Decompress Instruction


lidawei14@...
 

Hi all,

For common AI workloads such as DNNs, data communications between network layers introduce huge pressure on capacity and bandwidth of the memory hierarchy. 
For instance, dynamic large activation or feature map data needs to be buffered and communicated across multiple layers, which often appears to be sparse (e.g. ReLU).
People use bit vectors to "compress" the data buffered and "decompress" for the following layer computations.

Here we can see from the spec that "vcompress" has already been included,  how about "vdecompress"?

Thanks,
Dawei


Krste Asanovic
 

If the decompress is the inverse of compress, then there will be a
packed vector holding the non-zero elements and a bit mask indicating
which elements should receive the elements after unpacking

7 6 5 4 3 2 1 0 # vid

e d c b a # packed vector of 5 elements
1 0 0 1 1 1 0 1 # mask vector of 8 elements

e 0 0 d c b 0 a # result of decompress

This can be synthesized by using iota and masked vrgather

1 0 0 1 1 1 0 1 # mask vector
4 4 4 3 2 1 1 0 # viota.m
0 0 0 0 0 0 0 0 # zero result register
e 0 0 d c b 0 a # vrgather using viota.m under mask

code is

# v0 holds mask
# v1 holds packed data
# v11 holds decompressed data
viota.m v10, v0 # Calc iota from mask in v0
vmv.v.i v11, 0 # Clear destination
vrgather.vv v11, v1, v10, v0.t # Expand into destination

So decompress is quite fast already.

The reason there is a compress instruction is that it cannot be
synthesized from other instructions in the same way.

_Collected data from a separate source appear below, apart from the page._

// Takes on a job to expand the node of each of these generations.
fn add_expansions(
    out: &[NodeJob],
    gaps: &[Gen],
    limit: usize,
    jobs: &mut Vec<NodeJob>,
) -> Result<(), Memory>
    ensures { OnOk result (map job_of jobs.new.items ≡
        taken_on (with_job limit (map job_of out.now)) (map job_of jobs.old.items) (expansions_of gaps.now)) }
{
    match gaps {
        [] => Ok(()),
        [first, rest @ ..] => {
            add_expansion(out, *first, limit, jobs)?;
            add_expansions(out, rest, limit, jobs)
        }
    }
}

impl<'a> KnownTree<'a> {
    // The offer with a number.
    fn offer(&self, number: u32) -> &Offer
        ensures { result.now ≡ (offer_in self.now number).offer }
    {
        match pending_at(self.offers, number) {
            None => &self.nowhere.offer,
            Some(pending) => &pending.offer,
        }
    }

    // The search for trees for which a query asks.
    pub(crate) fn tree_search(&self, search: Search) -> TreeSearch<'_>
        ensures { query_of result ≡ numbered self.now (settling.query_of search) }
    {
        match search {
            Search::Meeting(number) => TreeSearch::Meeting(self.offer(number)),
            Search::Any => TreeSearch::Any,
            Search::Unseen => TreeSearch::Unseen,
            Search::Beyond(number) => TreeSearch::Beyond(self.offer(number)),
            Search::AnyBeyond => TreeSearch::AnyBeyond,
            Search::BeyondOrUnseen(number) => TreeSearch::BeyondOrUnseen(self.offer(number)),
        }
    }

    // The composites of the tree that a query may ask for, and the gaps.
    fn sought(&self, alloc: Global, search: &TreeSearch<'_>) -> Result<Vec<Part<'a>>, Memory>
        ensures { IfOk result (λ all. trees_sought (theory_of self.now.algebra.now) (windows_in self.now.windows.now) (query_of search.now)
            (map placed_of all.items) ≡ trees_sought (theory_of self.now.algebra.now) (windows_in self.now.windows.now)
            (query_of search.now) (placed_plans (theory_of self.now.algebra.now) (shape_of self.now.tree.now))) }
    {
        let sought = kinds_sought(alloc, search)?;
        sought_composites(alloc, self.algebra, self.tree, &sought)
    }

    // The same, where the composites of the tree aren't listed; else none.
    fn others(&self, alloc: Global, search: &TreeSearch<'_>) -> Result<Vec<Part<'a>>, Memory>
        ensures { IfOk result (λ all. trees_sought (theory_of self.now.algebra.now) (windows_in self.now.windows.now) (query_of search.now)
            (parts_along self.now (map placed_of all.items)) ≡ trees_for self.now (query_of search.now)) }
    {
        match &self.composites {
            Composites::Unlisted => self.sought(alloc, search),
            Composites::Lent(_) => Ok(Vec::new(alloc)),
            Composites::Listed(_) => Ok(Vec::new(alloc)),
        }
    }

    // A walk along the trees of the parts that are listed, or else of others, for which a query may ask.
    fn walk<'b>(&'b self, search: TreeSearch<'b>, others: &'b [Part<'a>]) -> Walk<'b, 'a>
        ensures { ahead result ≡ trees_sought (theory_of self.now.algebra.now) (windows_in self.now.windows.now) (query_of search.entry)
            (parts_along self.now (map placed_of others.now)) }
    {
        match &self.composites {
            Composites::Unlisted => {
                return Walk::new(self.algebra, self.windows, search, others);
            }
            Composites::Lent(all) => {
                return Walk::over(self.algebra, self.windows, search, *all);
            }
            Composites::Listed(all) => {
                return Walk::over(self.algebra, self.windows, search, all);
            }
        }
    }

    // Which gaps stand first among the trees for which a query may ask, `limit` at least, as far as it is told without any list.
    fn foremost(
        &self,
        alloc: Global,
        search: &TreeSearch<'_>,
        limit: usize,
    ) -> Result<Foremost, Memory>
        ensures { IfOk result (λ f. IsForemost f (trees_for self.now (query_of search.now))) }
    {
        match &self.composites {
            Composites::Unlisted => {
                let sought = kinds_sought(alloc, search)?;
                foremost_of(alloc, self.tree, &sought, limit)
            }
            Composites::Lent(_) => Ok(untold(alloc)),
            Composites::Listed(_) => Ok(untold(alloc)),
        }
    }

    // The first tree for which a query asks, along those for which it may ask.
    #[tactic(auto, using(crate::proofs::Asking::first_after))]
    fn first_along(&self, alloc: Global, search: TreeSearch<'_>) -> Result<First<Rules>, Memory>
        ensures { IfOk result (λ f. first_of derivation_of f ≡
            first_of_those self.now (query_of search.entry) (trees_for self.now (query_of search.entry))) }
    {
        let others = self.others(alloc, &search)?;
        let mut walk = self.walk(search, &others);
        while let Some(met) = walk.next(alloc)? {
            match first_at(alloc, self, &search, met)? {
                First::Open => return Ok(First::Open),
                First::Absent => {}
                First::Is(tree) => return Ok(First::Is(tree)),
            }
        }
        Ok(First::Absent)
    }

    // The first tree for which a query asks.
    #[tactic(auto, using(crate::proofs::StandingFirst::absent_in_none))]
    pub(crate) fn first_asked(
        &self,
        alloc: Global,
        search: TreeSearch<'_>,
    ) -> Result<First<Rules>, Memory>
        ensures { IfOk result (λ f. first_of derivation_of f ≡
            first_of_those self.now (query_of search.entry) (trees_for self.now (query_of search.entry))) }
    {
        let foremost = self.foremost(alloc, &search, 1)?;
        if !is_none(&foremost.gaps) {
            return Ok(First::Open);
        }
        if foremost.alone {
            return Ok(First::Absent);
        }
        self.first_along(alloc, search)
    }

    // All trees for which a query asks, along those for which it may ask.
    #[tactic(auto, using(crate::proofs::Asking::all_after))]
    fn all_along(&self, alloc: Global, search: TreeSearch<'_>) -> Result<All<Rules>, Memory>
        ensures { IfOk result (λ a. all_of derivation_of a ≡
            all_of_those self.now (query_of search.entry) (trees_for self.now (query_of search.entry))) }
    {
        let others = self.others(alloc, &search)?;
        let mut walk = self.walk(search, &others);
        let mut those = Vec::new(alloc);
        while let Some(met) = walk.next(alloc)? {
            match first_at(alloc, self, &search, met)? {
                First::Open => return Ok(All::Undecided),
                First::Absent => {}
                First::Is(tree) => those.push(tree)?,
            }
        }
        Ok(All::These(those))
    }

    // All trees for which a query asks.
    #[tactic(auto, using(crate::proofs::StandingFirst::none_in_none))]
    pub(crate) fn all_asked(
        &self,
        alloc: Global,
        search: TreeSearch<'_>,
    ) -> Result<All<Rules>, Memory>
        ensures { IfOk result (λ a. all_of derivation_of a ≡
            all_of_those self.now (query_of search.entry) (trees_for self.now (query_of search.entry))) }
    {
        let foremost = self.foremost(alloc, &search, 1)?;
        if !is_none(&foremost.gaps) {
            return Ok(All::Undecided);
        }
        if foremost.alone {
            return Ok(All::These(Vec::new(alloc)));
        }
        self.all_along(alloc, search)
    }

    // Takes on what the search for the first tree still asks, along those for which it may ask.
    #[tactic(auto, using(crate::proofs::Asking::first_asked))]
    fn missing_along(
        &self,
        alloc: Global,
        search: TreeSearch<'_>,
        limit: usize,
        jobs: &mut Vec<NodeJob>,
    ) -> Result<Asked, Memory>
        ensures taken { OnOk result (map job_of jobs.new.items ≡ taken_on (with_job_in self.now limit) (map job_of jobs.old.items)
            (jobs_to_first_of self.now (query_of search.entry) (trees_for self.now (query_of search.entry)))) }
        ensures asked { IfOk result (Tells (with_job_in self.now limit) (map job_of jobs.new.items)
            (is_held_among self.now (query_of search.entry) (trees_for self.now (query_of search.entry)))) }
    {
        let others = self.others(alloc, &search)?;
        let mut walk = self.walk(search, &others);
        while let Some(met) = walk.next(alloc)? {
            if missing_at(alloc, self, &search, met, limit, jobs)? {
                return Ok(Asked::Held);
            }
            if is_full(jobs, limit) {
                return Ok(Asked::Full);
            }
        }
        Ok(Asked::Unheld)
    }

    // Takes on what the search for the first tree still asks.
    pub(crate) fn missing_to_first(
        &self,
        alloc: Global,
        search: TreeSearch<'_>,
        limit: usize,
        jobs: &mut Vec<NodeJob>,
    ) -> Result<Asked, Memory>
        ensures taken { OnOk result (map job_of jobs.new.items ≡ taken_on (with_job_in self.now limit) (map job_of jobs.old.items)
            (jobs_to_first_of self.now (query_of search.entry) (trees_for self.now (query_of search.entry)))) }
        ensures asked { IfOk result (Tells (with_job_in self.now limit) (map job_of jobs.new.items)
            (is_held_among self.now (query_of search.entry) (trees_for self.now (query_of search.entry)))) }
    {
        let foremost = self.foremost(alloc, &search, limit.saturating_add(self.out.len()))?;
        add_expansions(self.out, &foremost.gaps, limit, jobs)?;
        if foremost.alone {
            return Ok(Asked::Unheld);
        }
        if is_full(jobs, limit) {
            return Ok(Asked::Full);
        }
        self.missing_along(alloc, search, limit, jobs)
    }

    // Takes on what the search for all trees still asks, along those for which it may ask.
    #[tactic(auto, using(crate::proofs::Asking::all_asked))]
    fn all_missing_along(
        &self,
        alloc: Global,
        search: TreeSearch<'_>,
        limit: usize,
        jobs: &mut Vec<NodeJob>,
    ) -> Result<Asked, Memory>
        ensures taken { OnOk result (map job_of jobs.new.items ≡ taken_on (with_job_in self.now limit) (map job_of jobs.old.items)
            (jobs_to_all_of self.now (query_of search.entry) (trees_for self.now (query_of search.entry)))) }
        ensures asked { IfOk result (Tells (with_job_in self.now limit) (map job_of jobs.new.items)
            (is_held_among self.now (query_of search.entry) (trees_for self.now (query_of search.entry)))) }
    {
        let others = self.others(alloc, &search)?;
        let mut walk = self.walk(search, &others);
        let mut held = false;
        while let Some(met) = walk.next(alloc)? {
            let here = missing_at(alloc, self, &search, met, limit, jobs)?;
            held = either(held, here);
            if is_full(jobs, limit) {
                return Ok(Asked::Full);
            }
        }
        if held {
            Ok(Asked::Held)
        } else {
            Ok(Asked::Unheld)
        }
    }

    // Takes on what the search for all trees still asks.
    pub(crate) fn missing_to_all(
        &self,
        alloc: Global,
        search: TreeSearch<'_>,
        limit: usize,
        jobs: &mut Vec<NodeJob>,
    ) -> Result<Asked, Memory>
        ensures taken { OnOk result (map job_of jobs.new.items ≡ taken_on (with_job_in self.now limit) (map job_of jobs.old.items)
            (jobs_to_all_of self.now (query_of search.entry) (trees_for self.now (query_of search.entry)))) }
        ensures asked { IfOk result (Tells (with_job_in self.now limit) (map job_of jobs.new.items)
            (is_held_among self.now (query_of search.entry) (trees_for self.now (query_of search.entry)))) }
    {
        let foremost = self.foremost(alloc, &search, limit.saturating_add(self.out.len()))?;
        add_expansions(self.out, &foremost.gaps, limit, jobs)?;
        if foremost.alone {
            return Ok(Asked::Unheld);
        }
        if is_full(jobs, limit) {
            return Ok(Asked::Full);
        }
        self.all_missing_along(alloc, search, limit, jobs)
    }
}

You could
provide a "compress bit mask into packed indices" instruction, then do
an vrgather, but that is not much simpler than just doing the
compress.

Krste

On Thu, 03 Sep 2020 00:12:51 -0700, "lidawei14 via lists.riscv.org" <lidawei14=huawei.com@...> said:
| Hi all,
| For common AI workloads such as DNNs, data communications between network layers introduce huge pressure
| on capacity and bandwidth of the memory hierarchy.
| For instance, dynamic large activation or feature map data needs to be buffered and communicated across
| multiple layers, which often appears to be sparse (e.g. ReLU).
| People use bit vectors to "compress" the data buffered and "decompress" for the following layer
| computations.

| Here we can see from the spec that "vcompress" has already been included, how about "vdecompress"?

| Thanks,
| Dawei
|


lidawei14@...
 

Thanks Krste, that makes sense but the logic is not that straight forward, people usually needs "decompress" when they are using "compress", maybe we can add some comment on this at the "vcompress" section?